Harvard surgeon and New Yorker writer Atul Gawande’s powerful book Being Mortal explored death and dying in America and rose to the top of the bestseller lists, but it was a nationally broadcast FRONTLINE documentary of the same name that catapulted him to the forefront of the national conversation about end-of-life care. In an era when more and more medical treatment often doesn’t allow people’s lives to end the way they want, Gawande’s message has never been more important.
In 2015 the California Health Care Foundation and the John and Wauna Harman Foundation created a community engagement campaign in California centered on local screenings of the film. As chronicled in a new report about the project, these events attracted a more diverse audience than the television broadcast — and one receptive to the film’s message. As a result, the Harman Foundation plans to extend the campaign nationwide.

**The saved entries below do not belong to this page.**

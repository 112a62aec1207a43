//! Two endpoints with handshakers and converters.

ghost use Rattle.std.specs.Prelude.{reverse, ◌≡◌, ◌<◌, ◌≤◌, ◌↔◌, false, true, IfOk, OnOk, OnErr, IsErrOf, IsTrue};
ghost use Rattle.std.specs.Option.{option_copied, option_map};
ghost use Rattle.ei_types.specs.declared.error.Error.TheVariants as error;
ghost use Rattle.ei_wire.specs.declared.error.ReadError.TheVariants as read_error;
ghost use Rattle.ei_wire.specs.declared.error.SendError.TheVariants as send_error;
ghost use Rattle.ei_backend.specs.Lent.{LentClock};
ghost use Rattle.ei_linked.specs.declared.side.Side.TheVariants as of_side;
ghost use Rattle.ei_linked.specs.TwoEnds.{stored_of, other_side, Agrees, MayCall, flushed_world, DeliversAt};
ghost use Rattle.ei_linked.specs.TwoEnds.{HasSentFewHandles};
ghost use Rattle.ei_request.specs.Converter.{ConverterView as ServerConverter};
ghost use Rattle.ei_promises.specs.Pair.{converter_in, connection_in, maps_in, wanted, with_ends, IsNew, is_done};
ghost use Rattle.ei_promises.specs.Pair.{Serves};
ghost use Rattle.ei_promises.specs.Calling.{MeetsServer, DoesAt};
ghost use Rattle.ei_promises.specs.Stepping.{StepsServer, StepsClient};
ghost use Rattle.ei_promises.specs.Promises.{SettlesTheSame, CallsInTime, Completes, ShakesFreely, RefusesNone};
ghost use Rattle.ei_promises.specs.Promises.{TakesAll};
ghost use Rattle.ei_pair.specs.Done.{TellsDone, HasFirstIds};
ghost use Rattle.ei_pair.specs.Spent.{SpendsAtCall, SpendsAtStep};
ghost use Rattle.ei_pair.specs.Stepped.{IsKept};
ghost use Rattle.ei_pair.specs.Calls.{SendsAt, ComesExactly, LacksIdsAt, IsLongAt};
ghost use Rattle.ei_pair.specs.Asked.{MeetsClient, AsksAt, RefusesSync};
ghost use Rattle.ei_pair.specs.Lent.{first_event, without_event, first_request, without_request};

use crate::by_lists::{by_lists, calls_by_lists};
use crate::client_call::ClientCall;
use crate::parts::Parts;
use ei_backend::{Clock, Object};
use ei_event::{EiEvent, EiEventConverter};
use ei_handler::{Call, Handler};
use ei_handshake::Versions;
use ei_linked::{Got, Record, Side};
use ei_promises::{Made, ServerCall, laws};
use ei_request::{Connection, EisRequest};
use ei_types::{ContextType, Error};
use ei_values::Value;
use ei_wire::{NoMemory, ReadError, SendError};
use std::alloc::Global;
use std::marker::Model;

/// A client and a server over two links, from the first byte through both handshakes to both converters, with all that
/// each sent and took. The client's handlers are boxes of closures, unless its user names a type of its own.
///
/// A call that wrote or took messages may then find no memory to store them. It answers `NoMemory`, and the pair is
/// spent: its lists lack those messages, and no further call may be made that changes it.
#[derive(Drop)]
pub struct Pair<H = Handler> {
    parts: Parts<H>,
}

impl<H> Model for Pair<H> {
    ghost use Rattle.ei_promises.specs.Pair.{PairView};
    ghost use Rattle.ei_pair.specs.Parts.{pair_in, pair_code};
    ghost use Rattle.ei_pair.specs.Done.{IsConsistent};

    ghost Value = { PairView H };

    ghost coded = { pair_code H.code };

    ghost view = { λ p. pair_in p.parts };

    ghost invariant = { λ p. IsConsistent p.parts };
}

impl<H: Call> Pair<H> {
    /// A client of this name that is for this, and a server whose connection will bear the serial. The server has begun
    /// its handshake.
    pub fn new(
        alloc: Global,
        name: &str,
        context_type: ContextType,
        initial_serial: u32,
    ) -> Result<Pair<H>, NoMemory>
        ensures { IfOk result (λ p. IsNew name.now context_type initial_serial p) }
    {
        laws::resting::<H>();
        calls_by_lists::<H>();
        Ok(Pair {
            parts: Parts::new(alloc, name, context_type, initial_serial)?,
        })
    }

    /// What the side sent, the first first.
    pub fn sent(&self, side: Side) -> &[Record]
        ensures { reverse result.now ≡ (stored_of side self.now.ends).sent }
    {
        self.parts.ends.sent(side)
    }

    /// What the side took, the first first: one by one what the other sent, but for what is dropped. What a pair keeps at
    /// any time may be relied on.
    pub fn taken(&self, side: Side) -> &[Got]
        ensures taken { reverse result.now ≡ (stored_of side self.now.ends).taken }
        ensures agrees { Agrees side self.now.ends }
        ensures keeps { IsKept self.now }
    {
        self.parts.ends.taken(side)
    }

    /// Whether the side reads no more: more handles came than may be unread, or it is a server that ended the
    /// connection.
    pub fn is_closed(&self, side: Side) -> bool
        ensures { result ≡ (stored_of side self.now.ends).backend.closed }
    {
        self.parts.ends.is_closed(side)
    }

    /// Whether what the last call wrote or took isn't stored.
    pub fn is_spent(&self) -> bool
        ensures { result ≡ self.now.ends.spent }
    {
        self.parts.ends.spent
    }

    /// The client's context.
    pub fn client(&self) -> &ei_client::Context
        ensures { result.now ≡ self.now.ends.client.backend }
    {
        &self.parts.ends.client.context
    }

    /// The client's converter; `None` exactly until its handshake is done.
    pub fn converter(&self) -> Option<&EiEventConverter<H>>
        ensures lent { option_copied result ≡ converter_in self.now.client }
        ensures in_time { CallsInTime self.now }
    {
        laws::promises::<H>();
        self.parts.converter.as_ref()
    }

    /// The server's connection; `None` exactly until its handshake is done.
    pub fn handle(&self) -> Option<&Connection>
        ensures { option_copied result ≡ connection_in self.now.server }
    {
        self.parts.handle()
    }

    /// The interfaces that both ends have by the client's handshake and by the server's; `None` exactly until both are
    /// done.
    pub fn maps(&self) -> Option<(&Versions, &Versions)>
        ensures maps { option_map (λ m. (m.0.now, m.1.now)) result ≡ maps_in self.now }
        ensures same { SettlesTheSame self.now }
        ensures completes { Completes self.now }
        ensures told { TellsDone self.now }
    {
        laws::promises::<H>();
        self.parts.maps()
    }

    /// Whether each device was added to a seat that was alive, and each input went to an interface that a held device
    /// had.
    pub fn is_steady(&self) -> bool
        ensures { result ≡ self.now.steady }
    {
        self.parts.steady
    }

    /// Whether a step of the side has answered `NoMemory`.
    pub fn wanted_memory(&self, side: Side) -> bool
        ensures { result ≡ wanted side self.now }
    {
        match side {
            Side::Client => self.parts.client_wanted,
            Side::Server => self.parts.server_wanted,
        }
    }

    /// The oldest event that is queued at the client. `None` exactly where none is, or its handshake isn't done.
    pub fn next_event(&mut self) -> Option<EiEvent>
        ensures first { result ≡ first_event self.old.client }
        ensures rest { self.new ≡ record self.old { client = without_event self.old.client } }
    {
        calls_by_lists::<H>();
        self.parts.next_event()
    }

    /// The oldest request that is queued at the server. `None` exactly where none is, or its handshake isn't done.
    pub fn next_request(&mut self) -> Option<EisRequest>
        ensures first { result ≡ first_request self.old.server }
        ensures rest { self.new ≡ record self.old { server = without_request self.old.server } }
    {
        calls_by_lists::<H>();
        self.parts.next_request()
    }

    /// Puts all that waits at the side behind what lies before the other side, or does nothing.
    pub fn flush(&mut self, side: Side) -> Result<(), NoMemory>
        requires whole { self.old.ends.spent ≡ false }
        ensures ok { OnOk result (self.new ≡ with_ends (flushed_world side self.old.ends) self.old) }
        ensures err { OnErr result (self.new ≡ self.old) }
    {
        laws::resting::<H>();
        calls_by_lists::<H>();
        self.parts.flush(side)
    }

    /// Hands the first n bytes that wait, and the first 64 handles, or what there is, to the side. It answers how many
    /// bytes came: 0 exactly where none waits and the side isn't closed.
    ///
    /// It is refused as a delivery of `World` is.
    pub fn deliver(&mut self, side: Side, n: usize) -> Result<usize, ReadError>
        requires some { 0 < n }
        requires most { n ≤ 1536 }
        requires whole { self.old.ends.spent ≡ false }
        ensures delivers { DeliversAt side n result self.old.ends self.new.ends }
        ensures kept { self.new ≡ with_ends self.new.ends self.old }
        ensures few { HasSentFewHandles (other_side side) self.old.ends →
            IsErrOf result read_error.HandleLimit → ⊥ }
    {
        laws::resting::<H>();
        calls_by_lists::<H>();
        self.parts.deliver(side, n)
    }

    /// Hands the next message on that is whole at the side: to its handshaker, or to its converter once the handshake
    /// is done. It is stored before that, and what it sends is stored behind it. `false` exactly where no whole message
    /// waits.
    ///
    /// It is refused as the handshaker or the converter refuses the message, which is gone then. Before the handshake
    /// is done a message to no object is `Handshake(InvalidObject(id))`; afterwards it is taken off. `NoMemory` where
    /// memory is wanted.
    pub fn step<C: Clock>(&mut self, side: Side, clock: &mut C) -> Result<bool, Error>
        requires whole { self.old.ends.spent ≡ false }
        // by the side, where it isn't spent
        ensures server { side ≡ of_side.Server → self.new.ends.spent ≡ false → StepsServer self.old
            (C.view clock.old).left (C.view clock.new).left result self.new }
        ensures client { side ≡ of_side.Client → self.new.ends.spent ≡ false → StepsClient H.may_answer self.old
            (C.view clock.old).left (C.view clock.new).left result self.new }
        // where it is
        ensures spent { self.new.ends.spent ≡ true →
            IsErrOf result error.NoMemory × SpendsAtStep side self.old self.new }
        // what may be relied on
        ensures freely { ShakesFreely side self.old result }
        ensures refuses_none { side ≡ of_side.Client → RefusesNone self.old result }
        ensures all { TakesAll side self.old result }
        ensures begins { side ≡ of_side.Server → self.new.ends.spent ≡ false → HasFirstIds self.old self.new }
        ensures clock { LentClock C.later clock.old clock.new }
    {
        by_lists::<H>();
        match side {
            Side::Client => self.parts.step_client(clock),
            Side::Server => self.parts.step_server(clock),
        }
    }

    /// Whether the side may ask for the message of these values to the object, as an `Input` of the server and a `Call`
    /// of the client want it: it made or read the target at some time, or that is object 0; the row exists, and the
    /// values are of its kinds.
    pub fn may_call(&self, side: Side, target: &Object, opcode: u32, values: &[Value]) -> bool
        ensures { IsTrue result ↔ MayCall side self.now.ends target.now opcode values.now }
    {
        self.parts.ends.may_call(side, target, opcode, values)
    }

    /// Makes a call of the server, whose handshake is done. What it sends is stored.
    ///
    /// It is refused as the call that it names is, and changes nothing then but how much memory is ready.
    pub fn server_do(&mut self, call: ServerCall<'_>) -> Result<Made, SendError>
        requires whole { self.old.ends.spent ≡ false }
        requires done { is_done of_side.Server self.old ≡ true }
        requires may { (c : ServerConverter) → self.old.server ≡ Serves c → MeetsServer call self.old.ends c.handle }
        ensures does { self.new.ends.spent ≡ false → DoesAt self.old.server call.entry self.old result self.new }
        ensures sends { OnOk result (SendsAt self.old.server call.entry self.old self.new) }
        // when it is refused
        ensures exhausted { ComesExactly call.entry result send_error.IdsExhausted
            (LacksIdsAt self.old.server call.entry) }
        ensures long { ComesExactly call.entry result send_error.MessageTooLong
            (IsLongAt self.old.server call.entry) }
        // where what it sent isn't stored
        ensures memory { self.new.ends.spent ≡ true → IsErrOf result send_error.NoMemory }
        ensures spent { self.new.ends.spent ≡ true → SpendsAtCall self.old self.new }
    {
        calls_by_lists::<H>();
        self.parts.server_do(call)
    }

    /// Makes a call of the client, whose handshake is done, and answers the object that it announces. What it sends is
    /// stored.
    ///
    /// It is refused as the call that it names is, and changes nothing then.
    pub fn client_do(&mut self, call: ClientCall<'_, H>) -> Result<Option<Object>, SendError>
        requires whole { self.old.ends.spent ≡ false }
        requires done { is_done of_side.Client self.old ≡ true }
        requires may { MeetsClient call self.old.ends }
        ensures does { self.new.ends.spent ≡ false → AsksAt self.old.client call.entry self.old result self.new }
        // when a sync is refused
        ensures refuses { RefusesSync call.entry result self.old.ends.client.backend.table }
        // where what it sent isn't stored
        ensures memory { self.new.ends.spent ≡ true → IsErrOf result send_error.NoMemory }
        ensures spent { self.new.ends.spent ≡ true → SpendsAtCall self.old self.new }
    {
        calls_by_lists::<H>();
        self.parts.client_do(call)
    }
}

I recently spoke with Gawande about his experience filming “Being Mortal” and how far America has come in talking about death and dying. The conversation has been edited and condensed.

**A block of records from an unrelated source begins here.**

//! What a server does on its connection.

ghost use Rattle.std.specs.Prelude.{◌≡◌, false};
ghost use Rattle.ei_promises.specs.declared.calls.ServerCall.TheVariants as call;
ghost use Rattle.ei_pair.specs.Parts.{pair_in};
ghost use Rattle.ei_pair.specs.Stepped.{IsSound};
ghost use Rattle.ei_pair.specs.Calls.{IsNamed, MayMakeAt, MeetsAt, steady_after, steadied, ServesCall};

use crate::parts::Parts;
use crate::server_calls::{make_on, unsent_at};
use crate::steady::is_steady;
use crate::storing::store_server;
use crate::texts::read;
use ei_backend::Object;
use ei_handler::Call;
use ei_linked::{Side, Target};
use ei_promises::{Made, ServerCall};
use ei_values::Value;
use ei_wire::SendError;

impl<H: Call> Parts<H> {
    /// Makes a call of the server, whose handshake is done. What it sends is stored.
    pub(crate) fn server_do(&mut self, call: ServerCall<'_>) -> Result<Made, SendError>
        requires sound { IsSound self.old }
        requires whole { self.old.ends.spent ≡ false }
        requires may { MeetsAt call (pair_in self.old).ends (pair_in self.old).server }
        ensures { ServesCall call.entry self.old result self.new }
    {
        let steady = self.is_steady(&call);
        match self.serve(call) {
            Ok(made) => {
                self.steady = steady;
                Ok(made)
            }
            Err(error) => Err(error),
        }
    }

    /// Whether the server is steady still behind the call.
    fn is_steady(&self, call: &ServerCall<'_>) -> bool
        requires named { IsNamed call.now }
        ensures { result ≡ steady_after self.now.steady call.now (pair_in self.now).server }
    {
        match self.handle() {
            Some(conn) => self.steady && is_steady(conn, call),
            None => self.steady,
        }
    }

    /// Makes the call, and stores what it sends. How steady that leaves the server isn't kept.
    fn serve(&mut self, call: ServerCall<'_>) -> Result<Made, SendError>
        requires sound { IsSound self.old }
        requires whole { self.old.ends.spent ≡ false }
        requires may { MeetsAt call (pair_in self.old).ends (pair_in self.old).server }
        ensures { ServesCall call.entry self.old result
            (steadied result (steady_after self.old.steady call.entry (pair_in self.old).server) self.new) }
    {
        match call {
            ServerCall::Input {
                target,
                opcode,
                values,
            } => self.send(&target, opcode, values),
            call => self.tell(call),
        }
    }

    /// Makes the call `Input`.
    fn send(&mut self, target: &Object, opcode: u32, values: &[Value]) -> Result<Made, SendError>
        requires sound { IsSound self.old }
        requires whole { self.old.ends.spent ≡ false }
        requires may { MeetsAt (call.Input target.now opcode values) (pair_in self.old).ends (pair_in self.old).server }
        ensures { ServesCall (call.Input target.now opcode values.entry) self.old result
            (steadied result (steady_after self.old.steady (call.Input target.now opcode values.entry)
            (pair_in self.old).server) self.new) }
    {
        ei_promises::laws::doing::<H>();
        let target = Target::of(target);
        match self.ends.call(Side::Server, target, opcode, values) {
            Ok(_object) => Ok(Made::Nothing),
            Err(error) => Err(error),
        }
    }

    /// Makes the call, which isn't `Input`, and stores what it sends.
    fn tell(&mut self, call: ServerCall<'_>) -> Result<Made, SendError>
        requires sound { IsSound self.old }
        requires whole { self.old.ends.spent ≡ false }
        requires may { MayMakeAt call self.old.ends.server.context }
        ensures { ServesCall call.entry self.old result
            (steadied result (steady_after self.old.steady call.entry (pair_in self.old).server) self.new) }
    {
        ei_promises::laws::doing::<H>();
        ei_promises::laws::resting::<H>();
        read(&call);
        let before = unsent_at(&self.ends);
        match make_on(&mut self.ends, call) {
            Ok(made) => match store_server(&mut self.ends, before) {
                Ok(()) => Ok(made),
                Err(_) => Err(SendError::NoMemory),
            },
            Err(error) => Err(error),
        }
    }
}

Birenbaum: With Being Mortal you’ve become the face of a movement. What reaction do you get when you talk to people?
Gawande: People come up and tell me about their dying mother or their dying father or their family member in a nursing home and feeling that they were able to have conversations about what really mattered to them. And that’s incredibly gratifying. It’s the number of people who tell me their stories, and they are feeling that they can have these conversations that defined what mattered most to them or to their family — and in many cases, translated into the doctor’s office, where they can advocate for themselves. I’m definitely also seeing the conversation among my colleagues — doctors and nurses — who are finding the words to ask people about their fears and hopes and the limits that they would place around what they’re willing to endure.
Why did you decide to participate in a film based on your book Being Mortal?

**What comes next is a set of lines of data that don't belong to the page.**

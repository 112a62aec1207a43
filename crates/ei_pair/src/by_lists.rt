//! What the lists of a pair tell of its handshakes, as laws.

ghost use Rattle.std.specs.Prelude.{◌≡◌, ℕ, Bool, false, List, Option, Result};
ghost use Rattle.ei_spec.specs.Interface.{ObjectView};
ghost use Rattle.ei_types.specs.declared.enums.ContextType.{ContextType};
ghost use Rattle.ei_types.specs.declared.error.Error.{Error};
ghost use Rattle.ei_wire.specs.declared.error.SendError.{SendError};
ghost use Rattle.ei_linked.specs.TwoEnds.{WorldView};
ghost use Rattle.ei_promises.specs.declared.calls.Made.{Made};
ghost use Rattle.ei_promises.specs.declared.calls.ServerCall.{ServerCall};
ghost use Rattle.ei_promises.specs.Pair.{PairView, IsPair, IsNew, with_ends};
ghost use Rattle.ei_promises.specs.Stepping.{StepsServer, StepsClient};
ghost use Rattle.ei_promises.specs.Calling.{DoesAt};
ghost use Rattle.ei_promises.specs.Keeping.{Keeps, SameLists};
ghost use Rattle.ei_pair.specs.declared.client_call.ClientCall.{ClientCall};
ghost use Rattle.ei_pair.specs.Asked.{AsksAt};
ghost use Rattle.ei_pair.specs.Lent.{without_event, without_request};
ghost use Rattle.ei_pair.specs.Done.{AreDoneByLists, HasFirstIds};

use ei_handler::Call;

/// A step of a side leaves the handshakes done exactly where the lists tell it, and a server's connection begins with
/// the first ids.
pub(crate) fn by_lists<H: Call>()
    ensures server { (p new : PairView H) (before after : Option (List ℕ)) (result : Result Bool Error) →
        p.ends.spent ≡ false → IsPair p → Keeps p → StepsServer p before after result new →
        (AreDoneByLists p → AreDoneByLists new) × HasFirstIds p new }
    ensures client { (p new : PairView H) (told now : Option (List ℕ)) (result : Result Bool Error) →
        p.ends.spent ≡ false → IsPair p → Keeps p → StepsClient H.may_answer p told now result new →
        AreDoneByLists p → AreDoneByLists new }
{
    ei_shaking::laws::going_on();
    ei_shaking::laws::both_ends();
    ei_shaking::laws::client_messages();
    ei_shaking::laws::server_messages();
    ei_heeding::laws::events();
}

/// So does every other call, and a new pair begins so.
pub(crate) fn calls_by_lists<H>()
    ensures begins { (name : List ℕ) (kind : ContextType) (serial : ℕ) (p : PairView H) → IsNew name kind serial p →
        AreDoneByLists p }
    ensures does { (p new : PairView H) (s : ServerCall) (result : Result Made SendError) →
        DoesAt p.server s p result new → AreDoneByLists p → AreDoneByLists new }
    ensures asks { (p new : PairView H) (s : ClientCall H) (result : Result (Option ObjectView) SendError) →
        AsksAt p.client s p result new → AreDoneByLists p → AreDoneByLists new }
    ensures moves { (p : PairView H) (w : WorldView) → SameLists p.ends w → AreDoneByLists p →
        AreDoneByLists (with_ends w p) }
    ensures event { (p : PairView H) → AreDoneByLists p →
        AreDoneByLists (record p { client = without_event p.client }) }
    ensures request { (p : PairView H) → AreDoneByLists p →
        AreDoneByLists (record p { server = without_request p.server }) }
{}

A book creates one kind of understanding. The FRONTLINE film seemed like an incredible opportunity to show another dimension of the story and reach an even larger number of people. There’s seeing it visually and watching as people confront these situations, see what they say, what they don’t say, what they look like, what they’re struggling with. And then you add in that I got to do it with the director, Tom Jennings, whom I went to high school with.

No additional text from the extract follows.